Current Urology Reports

, Volume 12, Issue 1, pp 11–17

Contemporary Imaging of the Renal Mass


  • Stella K. Kang
    • Department of RadiologyNYU Langone Medical Center
  • Danny Kim
    • Department of RadiologyNYU Langone Medical Center
    • Department of RadiologyNYU Langone Medical Center

DOI: 10.1007/s11934-010-0148-y

Cite this article as:
Kang, S.K., Kim, D. & Chandarana, H. Curr Urol Rep (2011) 12: 11. doi:10.1007/s11934-010-0148-y


Renal masses increasingly are detected incidentally in asymptomatic individuals. Accurate characterization of these lesions is important for clinical management, planning intervention, and avoiding unnecessary procedures. Ultrasonography, computed tomography (CT), and magnetic resonance imaging (MRI) are the mainstays of renal mass detection and characterization. Ultrasonography is useful for distinguishing cystic from solid lesions and can detect lesion vascularity, especially with use of ultrasound contrast agents, but is less sensitive, less specific, and less reproducible than CT and MRI. CT, with and without intravenous contrast, is the primary imaging test for characterization and staging of renal lesions, and is utilized more often than MRI. Current multidetector CT technology provides near isotropic acquisition, with three-dimensional reformatting capabilities.
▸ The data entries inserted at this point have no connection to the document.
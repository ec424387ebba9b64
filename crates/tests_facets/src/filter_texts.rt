use crate::checks::{check, set, wide_set, word};
use crate::facets::{DocLeaves, commit, table};
use doc_sets::DocSet;
use facet_index::FacetIndex;
use filter_expr::parse;
use filter_sets::{Facets, select};
use filter_tree::Filter;
use search_base::{DocId, FacetValue, Leaf, Mark, MarkKind, PathId, Word};
use serde_json::Value;
use std::alloc::Global;
use std::process::Abort;

const PATHS: [&str; 3] = ["colour", "size", "on"];

// The number of a document, with its leaves of text as `path=form` and of number as `path#number`, and its marks as
// `path!kind`.
const DOCUMENTS: [(u32, &str); 6] = [
    (0, "0=red;1#7;0!exists;1!exists"),
    (1, "0=strasse;1#-9223372036854775808;0!exists;1!exists"),
    (2, "1#18446744073709551615;1=007;1!exists"),
    (3, "0!exists;0!null"),
    (4, "2=true;0!exists;0!empty;2!exists"),
    (5, ""),
];

// A filter, and the documents that pass it.
const FILTERS: [(&str, &str); 45] = [
    ("", "0 1 2 3 4 5 "),
    ("colour = red", "0 "),
    ("colour = RÉD", "0 "),
    ("colour = Straße", "1 "),
    ("colour = re", ""),
    ("colour != red", "1 2 3 4 5 "),
    ("NOT colour = red", "1 2 3 4 5 "),
    ("NOT colour != red", "0 "),
    ("gone = red", ""),
    ("gone != red", "0 1 2 3 4 5 "),
    ("gone NOT EXISTS", "0 1 2 3 4 5 "),
    ("on = TRUE", "4 "),
    ("on != true", "0 1 2 3 5 "),
    ("size = 7", "0 "),
    ("size = 007", "0 2 "),
    ("size = -9223372036854775808", "1 "),
    ("size = 18446744073709551615", "2 "),
    ("size = 18446744073709551616", ""),
    ("size > 7", "2 "),
    ("size >= 7", "0 2 "),
    ("size < 7", "1 "),
    ("size <= 7", "0 1 "),
    ("size >= -9223372036854775808", "0 1 2 "),
    ("colour > 0", ""),
    ("size 7 TO 18446744073709551615", "0 2 "),
    ("size -9223372036854775808 TO 7", "0 1 "),
    ("size 8 TO 9", ""),
    ("colour IN [RED, strasse]", "0 1 "),
    ("colour NOT IN [red, strasse]", "2 3 4 5 "),
    ("colour IN []", ""),
    ("colour EXISTS", "0 1 3 4 "),
    ("colour NOT EXISTS", "2 5 "),
    ("colour IS NULL", "3 "),
    ("colour IS NOT NULL", "0 1 2 4 5 "),
    ("colour IS EMPTY", "4 "),
    ("colour IS NOT EMPTY", "0 1 2 3 5 "),
    ("colour = red AND size = 7 AND on NOT EXISTS", "0 "),
    ("colour = red OR on = true", "0 4 "),
    ("size > 7 OR size >= 7 OR size > 0", "0 2 "),
    ("size 0 TO 8 OR size 5 TO 100 OR size = 7", "0 "),
    ("size > 0 AND size > 6 AND size < 100 AND size < 8", "0 "),
    ("size > 0 AND size < 0", ""),
    ("size = 7 AND size = 7", "0 "),
    ("colour IN [red, RED, Red, strasse, red]", "0 1 "),
    ("colour = red AND colour = RED AND NOT colour = red", ""),
];

fn filter_of(rt: &impl Abort, alloc: Global, text: &str) -> Filter {
    let text = String::from_str(alloc, text).expect(rt, "memory");
    parse(alloc, &Value::String(text)).expect(rt, "a filter")
}

fn paths(rt: &impl Abort, alloc: Global) -> Vec<Word> {
    let mut paths = Vec::new(alloc);
    for path in &PATHS {
        paths.push(word(rt, alloc, path)).expect(rt, "memory");
    }
    paths
}

fn add_leaf(
    rt: &impl Abort,
    alloc: Global,
    path: &str,
    value: FacetValue,
    document: &mut DocLeaves,
) {
    let leaf = Leaf {
        path: path_id(path),
        value,
        shown: word(rt, alloc, ""),
    };
    document.leaves.push(leaf).expect(rt, "memory");
}

fn add_part(rt: &impl Abort, alloc: Global, part: &str, document: &mut DocLeaves) {
    if let Some((path, form)) = part.split_once('=') {
        let value = FacetValue::Text(word(rt, alloc, form));
        add_leaf(rt, alloc, path, value, document);
    } else if let Some((path, number)) = part.split_once('#') {
        let value = FacetValue::Number(number.parse::<i128>().unwrap_or(0));
        add_leaf(rt, alloc, path, value, document);
    } else if let Some((path, kind)) = part.split_once('!') {
        let (path, kind) = (path_id(path), kind_of(kind));
        document
            .marks
            .push(Mark { path, kind })
            .expect(rt, "memory");
    }
}

fn document(rt: &impl Abort, alloc: Global, id: u32, text: &str) -> DocLeaves {
    let mut document = DocLeaves {
        id: DocId(id),
        leaves: Vec::new(alloc),
        marks: Vec::new(alloc),
    };
    for part in text.split(';') {
        add_part(rt, alloc, part, &mut document);
    }
    document
}

fn path_id(path: &str) -> PathId {
    PathId(path.parse::<u16>().unwrap_or(0))
}

fn kind_of(kind: &str) -> MarkKind {
    match kind {
        "null" => MarkKind::Null,
        "empty" => MarkKind::Empty,
        _ => MarkKind::Exists,
    }
}

fn documents(rt: &impl Abort, alloc: Global) -> Vec<DocLeaves> {
    let mut documents = Vec::new(alloc);
    for (id, text) in &DOCUMENTS {
        let document = document(rt, alloc, *id, text);
        documents.push(document).expect(rt, "memory");
    }
    documents
}

// The documents of a universe that pass a filter, of those that there are.
fn passing(
    rt: &impl Abort,
    alloc: Global,
    facets: &Facets<'_>,
    filter: &Filter,
    universe: &DocSet,
) -> String {
    let paths = paths(rt, alloc);
    assert!(rt; paths.len() <= 1000);
    let docs = select(alloc, facets, filter, paths.as_slice(), universe).expect(rt, "memory");
    let mut passing = String::new(alloc);
    for id in docs.iter().filter(|id| id.0 < 6) {
        write!(passing, "{} ", id.0).expect(rt, "memory");
    }
    passing
}

// A range is asked of lists in the one universe, and of leaves in the other.
fn check_filter(rt: &impl Abort, alloc: Global, facets: &Facets<'_>, text: &str, wanted: &str) {
    let filter = filter_of(rt, alloc, text);
    let ids = [0, 1, 2, 3, 4, 5];
    for universe in [set(rt, alloc, &ids), wide_set(rt, alloc, &ids)] {
        let found = passing(rt, alloc, facets, &filter, &universe);
        check(rt, found.as_str() == wanted, text);
    }
}

#[test]
fn documents_pass_where_the_filter_holds(rt: HostRuntime) {
    let alloc = rt.alloc();
    let documents = documents(&rt, alloc);
    let mut index = FacetIndex::new(alloc);
    commit(&rt, alloc, &mut index, &[], &documents);
    let facets = Facets {
        index: &index,
        leaves: &table(&rt, alloc, &documents, &documents),
    };
    for (text, wanted) in &FILTERS {
        check_filter(&rt, alloc, &facets, text, wanted);
    }
}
Due to lack of exposure to iodinated contrast and ionizing radiation and superior soft tissue contrast, MRI is being increasingly utilized as a problem-solving tool for diagnosis, staging, and preoperative planning for renal malignancies. Future directions for imaging of primary renal neoplasm include accurate characterization of renal cell cancer subtype, assistance with treatment planning, and evaluation of treatment response.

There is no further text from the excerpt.